Day 4 - Thursday, 23 February 2017

Day four, the penultimate day of the AMR DxC Winter School, saw the participants presenting their group’s project proposal to a panel of AMR experts: Dr Gyorgy Abel, Daniel Berman, Professor Stephen Gillespie, Professor Susan Welburn and Dr Penny Wilson. After a short session to finalise presentation preparations, each of the five groups made a ten to fifteen minute presentation followed by a ten minute question and answer session with fellow participants and the AMR expert panel. Project proposals ranged from the development of a new AMR rapid diagnostic tools to strategic plans for the implementation of pre-existing tools for use in developing countries. The presentations were followed by a lunch break in which the experts congregated to review and score the presentations and decide on the winning group of the Antimicrobial Resistance Diagnostics Challenge, 2017. The award ceremony followed and the winning group was presented with their award.
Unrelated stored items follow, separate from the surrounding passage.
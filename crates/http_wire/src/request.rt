//! Requests are read.
ghost use Rattle.std.specs.Prelude.{◌≡◌, ◌≤◌, [], IfOk, IfSome, MatchOption, All, length, map, take, true};
ghost use Rattle.std.specs.Str.{is_utf8};
ghost use Rattle.httparse.specs.Spans.{IsHeaderWithin, header_bytes};
ghost use Rattle.http_wire.specs.Filling.{HasReadCause};
ghost use Rattle.httparse.specs.Grammar.{RequestHead};
ghost use Rattle.http_wire.specs.Messages.{IsRequestHeadOf, IsRequestAnswer, request_of};
ghost use Rattle.http_wire.specs.HeadSearch.{IsHeadAnswer, head_length};
ghost use Rattle.http_wire.specs.Parsing.{IsRequestParse, IsFoundRequest, IsFoundAt, IsFrontRequest, HasTextName};
ghost use Rattle.http_wire.specs.Parsing.{field_of_bytes};

use crate::body::read_body;
use crate::buffer::Buffer;
use crate::fault::WireFault;
use crate::fields::{body_length, closes};
use crate::heads::{read_head, read_some};
use crate::message::{Field, Request};
use httparse::Status;
use httparse::spans::{EMPTY_HEADER_SPAN, HeaderSpan, RequestSpans, parse_request};
use lake_base::{NoMemory, Sequence, Source, Text};
use std::alloc::Global;

/// How many fields a head has at most.
pub(crate) const FIELD_LIMIT: usize = 64;

// How many fields a small head has at most.
const FEW_FIELDS: usize = 16;

// How many bytes the body of a request has at most.
const BODY_LIMIT: u64 = 67_108_864;

/// Reads the request at the front of the bytes read ahead and those of the source. Bytes behind it stay in the buffer.
pub fn read_request<S: Source>(
    alloc: Global,
    source: &mut S,
    buffer: &mut Buffer,
) -> Result<Request, WireFault>
    ensures read { IfSome (S.left source.old)
        (λ left. IsRequestAnswer buffer.old left result buffer.new (S.left source.new)) }
    ensures cause { HasReadCause (S.faults source.old) (S.faults source.new) result }
{
    let mut spans = [EMPTY_HEADER_SPAN; FEW_FIELDS];
    let (head, found) = match read_front(source, buffer, &mut spans) {
        Ok(read) => read,
        Err(fault) => return Err(fault),
    };
    let (front, _) = buffer.held().split_at(head);
    let (mut request, size) = match request_head(alloc, front, found, &spans) {
        Ok(parsed) => parsed,
        Err(fault) => return Err(fault),
    };
    buffer.skip(head);
    match read_body(alloc, source, buffer, head, size) {
        Ok(body) => {
            request.body = Sequence::of(body);
            Ok(request)
        }
        Err(fault) => Err(fault),
    }
}

// Reads until a head stands whole at the front of the bytes that are held, and answers how many bytes it has, and where
// its parts stand if that is known: where it came by one read, without empty lines before it, with few fields.
fn read_front<S: Source>(
    source: &mut S,
    buffer: &mut Buffer,
    spans: &mut [HeaderSpan],
) -> Result<(usize, Option<RequestSpans>), WireFault>
    requires { length spans.old ≤ 64 }
    ensures read { IfSome (S.left source.old)
        (λ left. IsHeadAnswer buffer.old left buffer.new (S.left source.new) (head_length result)) }
    ensures within { IfOk result (λ read. read.0 ≤ length buffer.new) }
    ensures found { IfOk result (λ read. IfSome read.1 (IsFoundAt (take read.0 buffer.new) spans.new)) }
    ensures cause { HasReadCause (S.faults source.old) (S.faults source.new) result }
{
    match read_some(source, buffer) {
        Ok(()) => {}
        Err(fault) => return Err(fault),
    }
    if let Some(found) = front_request(buffer.held(), spans) {
        return Ok((found.len, Some(found)));
    }
    match read_head(source, buffer) {
        Ok(head) => Ok((head, None)),
        Err(fault) => Err(fault),
    }
}

// Where the parts of a head at the front stand, if it is whole there, without empty lines before it.
fn front_request(held: &[u8], spans: &mut [HeaderSpan]) -> Option<RequestSpans>
    requires { length spans.old ≤ 64 }
    ensures { IfSome result (IsFrontRequest held.now spans.new) }
{
    match parse_request(held, spans) {
        Ok(Status::Complete(found)) => {
            if found.method.start == 0 {
                Some(found)
            } else {
                None
            }
        }
        Ok(Status::Partial) => None,
        Err(_) => None,
    }
}

// The request of a whole head, without its body, and the body's length. It may be known where the head's parts stand.
fn request_head(
    alloc: Global,
    head: &[u8],
    found: Option<RequestSpans>,
    spans: &[HeaderSpan],
) -> Result<(Request, u64), WireFault>
    requires { IfSome found (IsFoundAt head.now spans.now) }
    ensures { IsRequestParse head.now result }
{
    match found {
        Some(found) => {
            let (headers, _) = spans.split_at(found.headers);
            request_parts(alloc, head, found, headers)
        }
        None => searched_head(alloc, head),
    }
}

// The same, where it isn't known.
fn searched_head(alloc: Global, head: &[u8]) -> Result<(Request, u64), WireFault>
    ensures { IsRequestParse head.now result }
{
    let mut spans = [EMPTY_HEADER_SPAN; FIELD_LIMIT];
    match find_request(head, &mut spans) {
        Some(found) => {
            let (headers, _) = spans.split_at(found.headers);
            request_parts(alloc, head, found, headers)
        }
        None => Err(WireFault::BadHead),
    }
}

// The request of a whole head whose parts stand there, without its body, and the body's length.
fn request_parts(
    alloc: Global,
    head: &[u8],
    found: RequestSpans,
    headers: &[HeaderSpan],
) -> Result<(Request, u64), WireFault>
    requires { (h : RequestHead) × IsFoundRequest head.now headers.now found h }
    ensures { IsRequestParse head.now result }
{
    match request_at(alloc, head, found, headers) {
        Ok(request) => match body_length(Some(BODY_LIMIT), request.fields.as_slice()) {
            Ok(size) => Ok((request, size)),
            Err(fault) => Err(fault),
        },
        Err(_) => Err(WireFault::NoMemory),
    }
}

// Where the parts stand, where the bytes are one whole head.
fn find_request(head: &[u8], spans: &mut [HeaderSpan]) -> Option<RequestSpans>
    requires { length spans.old ≡ 64 }
    ensures { MatchOption result ((h : RequestHead) → ¬ (IsRequestHeadOf head.now h))
        (λ found. (found.headers ≤ 64)
        × ((h : RequestHead) × IsFoundRequest head.now (take found.headers spans.new) found h)) }
{
    match parse_request(head, spans) {
        Ok(Status::Complete(found)) => {
            if found.len == head.len() {
                Some(found)
            } else {
                None
            }
        }
        Ok(Status::Partial) => None,
        Err(_) => None,
    }
}

// The request whose parts stand there, without its body.
fn request_at(
    alloc: Global,
    head: &[u8],
    found: RequestSpans,
    headers: &[HeaderSpan],
) -> Result<Request, NoMemory>
    requires { (h : RequestHead) × IsFoundRequest head.now headers.now found h }
    ensures { (h : RequestHead) → IsFoundRequest head.now headers.now found h
        → IfOk result (λ request. request ≡ request_of h []) }
{
    let fields = field_list(alloc, head, headers)?;
    let close = closes(found.version, &fields);
    Ok(Request {
        method: text_of(alloc, found.method.of(head))?,
        target: Sequence::of(Vec::from_slice(alloc, found.path.of(head))?),
        fields: Sequence::of(fields),
        body: Sequence::of(Vec::new(alloc)),
        close,
    })
}

// The fields at these places of a head.
pub(crate) fn field_list(
    alloc: Global,
    head: &[u8],
    headers: &[HeaderSpan],
) -> Result<Vec<Field>, NoMemory>
    requires within { All (IsHeaderWithin (length head.now)) headers.now }
    requires names { All (HasTextName head.now) headers.now }
    ensures { IfOk result (λ fields. fields.items ≡ map field_of_bytes (map (header_bytes head.now) headers.now)) }
{
    let mut fields = Vec::with_capacity(alloc, headers.len())?;
    for header in headers {
        fields.push(Field {
            name: text_of(alloc, header.name.of(head))?,
            value: Sequence::of(Vec::from_slice(alloc, header.value.of(head))?),
        })?;
    }
    Ok(fields)
}

// The text of bytes that are UTF-8.
pub(crate) fn text_of(alloc: Global, bytes: &[u8]) -> Result<Text, NoMemory>
    requires { is_utf8 bytes.now ≡ true }
    ensures { IfOk result (λ text. text ≡ bytes.now) }
{
    let bytes = Vec::from_slice(alloc, bytes)?;
    Ok(Text::of(unsafe { String::from_utf8_unchecked(bytes) }))
}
The day’s events continued with a networking event, the Global Health Academy Reception, held at the iconic student union, Teviot, and then a social event in the form of a ghost tour in the old vaults of the Edinburgh Cowgate. The resonating thoughts from the day’s events and the Winter School in general was that although there was only one group winner of the AMR DxC Winter School challenge, every participant was a winner, leaving the week with renewed contacts, inspiration from fellow participants and speakers and new ideas. 

day 4_4

Day 5 - Friday, 24 February 2017

Day five marked the end of the AMR DxC Winter School, 2017. Following the week’s busy schedule of brainstorming, networking and hearing from specialists, the participants were given the chance to explore the historical Edinburgh Castle with their newly formed friends and colleagues. The tour of the castle gave the international participants a chance to explore the city and learn about the rich history of the city of Edinburgh. The tour was wrapped up with an informal lunch and some closing remarks. The participants of the AMR DxC Winter School left the week’s proceedings with new friends, international colleagues and renewed ideas to take back to home institutions. The week was greatly enjoyed by all.